Comment 6 ⁨خالد حسني⁩ 2023-11-04 09:40:06 UTC
This is how Unicode Bidirectional Text Algorithm works, the Arabic comma and semicolon have different didirectional class leading in different behaviour in situations like this.

See for how the direction of such text is resolved by the algorithm:
https://util.unicode.org/UnicodeJsps/bidi.jsp?a=x%D8%8C+y%0D%0Ax%D8%9B+y&p=RTL
Comment 7 Reza 2023-11-04 12:47:40 UTC
So, you are saying what is typed by "CTRL + 7" in Persian layout keyboard is s Arabic comma?
What is the solution for my case then? 
What if I wanna get my expected result? What Unicode character should I use instead of Arabic comma?
Comment 8 ⁨خالد حسني⁩ 2023-11-04 12:51:41 UTC
(In reply to Reza from comment #7)
> So, you are saying what is typed by "CTRL + 7" in Persian layout keyboard is
> s Arabic comma?
> What is the solution for my case then? 
> What if I wanna get my expected result?
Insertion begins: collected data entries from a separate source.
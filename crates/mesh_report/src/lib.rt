// The report space of a mesh, a record for each element, and how many records there are of each kind.
// An inner crate, for the crates that write reports, which meet what each `requires` asks.
#![tactic(auto)]

ghost use Rattle.std.specs.Prelude.{◌≡◌, true, ◌++◌, ◌+◌, ◌-◌, ◌*◌, ◌^◌, ◌<◌, ◌≤◌, length, take, drop};
ghost use Rattle.definitions.specs.Limits.{record_words};
ghost use Rattle.definitions.specs.Record.{kind_word};
ghost use Rattle.verdict_theory.specs.Kinds.{is_kind, counted, counts_total};
ghost use Rattle.inspection_counts.specs.Meaning.{counts_held};

use inspection_counts::Counts;
use limits::RECORD_WORDS;

// The words of record e into the report space; the rest of it stays.
fn put(words: [i64; RECORD_WORDS], e: usize, report: &mut [i64])
    requires { record_words * e + record_words ≤ length report.old }
    ensures { report.new ≡ take (record_words * e) report.old ++ words ++ drop (record_words * e + record_words) report.old }
{
    let at = RECORD_WORDS * e;
    report[at..at + RECORD_WORDS].copy_from_slice(&words);
}

// The counts with one record more, by its word 0, which is that of a kind: a number, since a record is nine words (`kind_word` of the definitions).
fn counted(kind: i64, n: Counts) -> Counts
    requires { (is_kind kind ≡ true) × (counts_total (counts_held n) < 2 ^ 32 - 1) }
    ensures { counts_held result ≡ counted kind (counts_held n) }
{
    match kind {
        0 => Counts {
            valid: n.valid + 1,
            ..n
        },
        1 => Counts {
            invalid: n.invalid + 1,
            ..n
        },
        2 => Counts {
            undecided: n.undecided + 1,
            ..n
        },
        _ => Counts {
            refused: n.refused + 1,
            ..n
        },
    }
}

// The words of record e into the report space, and the counts with this record.
pub fn enter(words: [i64; RECORD_WORDS], e: usize, n: Counts, report: &mut [i64]) -> Counts
    requires { (is_kind (kind_word words) ≡ true) × (counts_total (counts_held n) < 2 ^ 32 - 1) × (record_words * e + record_words ≤ length report.old) }
    ensures result_value { counts_held result ≡ counted (kind_word words) (counts_held n) }
    ensures report_after { report.new ≡ take (record_words * e) report.old ++ words ++ drop (record_words * e + record_words) report.old }
{
    let kind = words[0];
    put(words, e, report);
    counted(kind, n)
}
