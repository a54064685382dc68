// Which meshes are refused. A mesh is a run of coordinates, three per node, and a run of indices, eight per element.
// An inner crate: only the crates of the two inspectors call it.
// The answer is an equation with `Mesh` of the definitions at the limits `base`.
#![tactic(auto)]

ghost use Rattle.std.specs.Prelude.{◌≡◌, ◌<◌};
ghost use Rattle.definitions.specs.Limits.{base};
ghost use Rattle.definitions.specs.Mesh.{well_sized, refusal};
ghost use Rattle.mesh_checks.specs.Meaning.{check_of};

use inspection_answers::Refusal;
use limits::{MAX_DEPTH, MAX_ELEMENTS, MAX_NODES, RECORD_WORDS};

// Whether n numbers are a whole number of groups, and at most so many.
fn well_sized(n: usize, group: usize, most: usize) -> bool
    requires { 0 < group }
    ensures { result ≡ well_sized n group most }
{
    (n % group == 0) & (n / group <= most)
}

// The first refusal that a mesh meets, given the lengths of its coordinate run, its index run and the report space, and the depth.
pub fn check(coordinates: usize, indices: usize, space: usize, depth: u32) -> Result<(), Refusal>
    ensures { check_of result ≡ refusal base coordinates indices space depth }
{
    if MAX_DEPTH < depth {
        return Err(Refusal::DepthTooGreat);
    }
    if !well_sized(coordinates, 3, MAX_NODES) {
        return Err(Refusal::BadCoordinates);
    }
    if !well_sized(indices, 8, MAX_ELEMENTS) {
        return Err(Refusal::BadIndices);
    }
    if space != RECORD_WORDS * (indices / 8) {
        return Err(Refusal::BadSpace);
    }
    Ok(())
}
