// What is written of a lot, and what is read of it: each is had back from the other. No code.
#![tactic(auto)]
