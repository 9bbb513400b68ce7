// Updates, which are assignments and advances.
#![tactic(auto)]

pub mod update;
What Unicode character should I use
> instead of Arabic comma?


You already have the solution in your document; using “Right-To-Left Mark”.
Comment 9 Reza 2023-11-04 13:01:24 UTC
(In reply to ⁨خالد حسني⁩ from comment #8)

> You already have the solution in your document; using “Right-To-Left Mark”.

So, that's it :)
Comment 10 Reza 2023-11-04 19:10:09 UTC
Now, is it OK to change the status to "Resolved"?